Бутусов сразу планировал ставить еще одну пьесу Брехта, или это название возникло неожиданно?
Сначала Юрий Николаевич предложил нам замечательную пьесу Вырыпаева. Мы даже начали ее всерьез репетировать, но что-то не сложилось – так бывает. Прекрасный материал, но пока нет, не то. А ведь театр так устроен, что надо запускать рекламу, сдавать эскизы декораций… Какие там эскизы, у нас названия нет! Это был своеобразный эксперимент. Юрий Николаевич приходил к нам и читал самые разные пьесы: «Зойкину квартиру» и «Адама и Еву» Михаила Булгакова, чеховского «Дядю Ваню».
На дворе лето, а мы сидим в темном репетиционном зале, делаем этюды, фантазируем, танцуем. Мы ему доверяли, были готовы на все. В какой-то момент возникла «Оптимистическая трагедия», и мы были уверены, что нашли название. Но Евгений Александрович мудро остудил нас, понимая, что это не еще не финал. Потом, парадоксальным образом, возникла эта пьеса – «Барабаны в ночи».

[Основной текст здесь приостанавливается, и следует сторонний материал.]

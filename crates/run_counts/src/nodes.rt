//! `NodeCounts`, what is counted of a node.
ghost use Rattle.std.specs.Prelude.{◌≡◌, ◌+◌, ◌<◌, ◌≤◌, length, replicate, IfOk};
ghost use Rattle.xs_base.specs.declared.numbers.TheConstants.{THREADS};
ghost use Rattle.told_run.specs.Slots.{TellsNode};
ghost use Rattle.issue_model.specs.Issues.{thread_in};
ghost use Rattle.profile_model.specs.Counts.{char_at, pc_of, pc_in, place_at};
ghost use Rattle.run_counts.specs.Tallies.{IsNothing};
ghost use Rattle.run_counts.specs.Counted.{AreThreads, ArePlaces, IsCounted};

use crate::counting::count_byte;
use crate::links::LinkCounts;
use crate::places::{PlaceCounts, place_of};
use slot_marks::{mark_char, mark_in};
use std::alloc::{AllocError, Global};
use sys_plan::NodePlan;
use told_run::{Before, ToldRun};
use xs_model::Run;

/// What is counted of a node in the first slots of a run. See docs/LOOK.md.
#[derive(Drop)]
pub struct NodeCounts {
    /// Of each thread, in how many slots a chart shows it by a character: by the byte of that.
    pub threads: [[u64; 256]; 8],
    pub places: PlaceCounts,
    pub links: LinkCounts,
}

impl NodeCounts {
    /// Nothing, of a node. The error is want of memory.
    pub(crate) fn new(alloc: Global, node: &NodePlan) -> Result<NodeCounts, AllocError>
        ensures none { IfOk result (λ counts. IsNothing node.now counts) }
    {
        Ok(NodeCounts {
            threads: no_threads(),
            places: PlaceCounts::new(alloc, node.image.code().len() + 1)?,
            links: LinkCounts::new(),
        })
    }

    /// Counts what the node at a position does in a slot, which the run has passed and tells.
    pub(crate) fn count(&mut self, run: &ToldRun, slot: u32, n: u8, node: &NodePlan)
        requires tells { TellsNode run.now slot n node.now }
        requires before { IsCounted run.now.plan slot n node.now self.old }
        ensures counted { IsCounted run.now.plan (slot + 1) n node.now self.new }
    {
        self.count_threads(run, slot, n, node);
        self.links.count(&run.core(n).link_ends(), slot);
    }

    // What its threads do.
    fn count_threads(&mut self, run: &ToldRun, slot: u32, n: u8, node: &NodePlan)
        requires tells { TellsNode run.now slot n node.now }
        requires before { IsCounted run.now.plan slot n node.now self.old }
        ensures threads { AreThreads run.now.plan (slot + 1) n node.now self.new.threads }
        ensures places { ArePlaces run.now.plan (slot + 1) n node.now self.new.places }
        ensures links { self.new.links ≡ self.old.links }
    {
        for k in 0..8u8 {
            let c = char_in(run, slot, n, node, k);
            let place = place_in(run, slot, n, node, k);
            count_byte(&mut self.threads[k as usize], c);
            self.places.count(place, c);
        }
    }
}

fn no_threads() -> [[u64; 256]; 8]
    ensures { result ≡ replicate THREADS (replicate 256 0) }
{
    [[0; 256]; 8]
}

// How a chart shows thread k in the slot.
fn char_in(run: &ToldRun, slot: u32, n: u8, node: &NodePlan, k: u8) -> u8
    requires tells { TellsNode run.now slot n node.now }
    requires thread { k < THREADS }
    ensures { result ≡ char_at run.now.plan n node.now k slot }
{
    mark_char(mark_in(run, slot, n, k))
}

// At which place it is before the slot.
fn place_in(run: &ToldRun, slot: u32, n: u8, node: &NodePlan, k: u8) -> usize
    requires tells { TellsNode run.now slot n node.now }
    requires thread { k < THREADS }
    ensures value { result ≡ place_at run.now.plan n node.now k slot }
    ensures within { result ≤ length node.now.image.code }
{
    place_of(&node.image, pc_before(run.before(n), k))
}

// The address of the instruction that it is at.
fn pc_before(before: &Before, k: u8) -> u32
    requires thread { k < THREADS }
    ensures { result ≡ pc_in (thread_in before.now.threads k) }
{
    let thread = before.threads[k as usize];
    pc_of(thread.run, thread.pc)
}

// That is its pc, or at sync that before it.
fn pc_of(run: Run, pc: u32) -> u32
    ensures { result ≡ pc_of run pc }
{
    match run {
        Run::AtSync => pc.saturating_sub(4),
        _ => pc,
    }
}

Вам очень повезло, что художественный руководитель с пониманием относится к творческим поискам!
Да! Не принято хвалить руководство, но Евгений Александрович – человек этого театра. Он пришел сюда еще совсем молодым, дебютировал как режиссер, потом «окреп» в МХТ. Когда я поступил в Школу-студию МХАТ (1999 год – прим. ред.), он только начал преподавать. Тогда, в девяностые и нулевые, это был совсем другой театр, о котором никто не стеснялся говорить горькую правду: полупустые залы, не самые посещаемые постановки. Реформы начал Роман Ефимович [Козак], Писарев их продолжает.
Евгений Александрович – прекрасный режиссер и артист, знает эту «кухню» и потому многое нам, актерам, прощает. Сейчас у театра уже есть высокая планка, и, конечно же, это заслуга художественного руководителя. Но он не останавливается на достигнутом, приглашает новых режиссеров, не боится экспериментов.
Вы, например, играете в мюзикле «Рождество О’Генри», поставленном молодым режиссером Алексеем Франдетти. Любите музыку?
Конечно! Я очень долго не умел петь, хотя очень хотел. И роль эту получил тоже не сразу, ввелся за восемь дней до премьеры. А до этого ходил мимо репетиционного зала, слушал и страшно всем занятым в постановке артистам завидовал! Какая музыка, как поет Аня Кармакова! У нее магический, волшебный голос. Мне очень повезло работать с Лешей Франдетти. Да, он молодой режиссер, но как он увлечен мюзиклом и заражает своей любовью!
Значит, в социальном театре не хочется себя попробовать?
Я бы хотел поработать с Богомоловым, хотя мало спектаклей у него видел. Но, как мне кажется, в большинстве случаев подобный театр – это погоня за актуальным. Мол, «мне так нужно ваше внимание, ваш фидбэк, что я готов на провокацию». Хотя, наверно, от насмотренности зависит, я читал отзывы, где и про Бутусова писали, что он мастер эпатажа. Я знаю, что он не ставит себе задачи эпатировать публику, что обнаженный Трибунцев – это не провокация, а просто такая степень искренности, открытости, незащищенности.
Как вы думаете, почему не все зрители это считывают?
Часто у зрителя есть позиция комфорта: так, я заплатил деньги, давайте мне мое удовольствие, мой восторг. В спектаклях Бутусова наоборот, есть зона дискомфорта и создана она не для режиссерсого удовлетворения, а для того, чтобы у зрителя был шанс сделать над собой маленькое усилие, шагнуть в неизвестное. Довериться, почувствовать, пережить. В театр ведь ходят за эмоциями. Бутусов оставляет зрителю свободу выбора, делает так, чтобы у каждого были свои «Барабаны в ночи», апеллирует к воображению. А что такое воображение? Нечто очень странное, то, что нельзя посчитать и измерить, то, чем невозможно управлять. Публике не приносят готовенькое, не объясняют, что имел ввиду автор или режиссер. Важно то, что они почувствуют.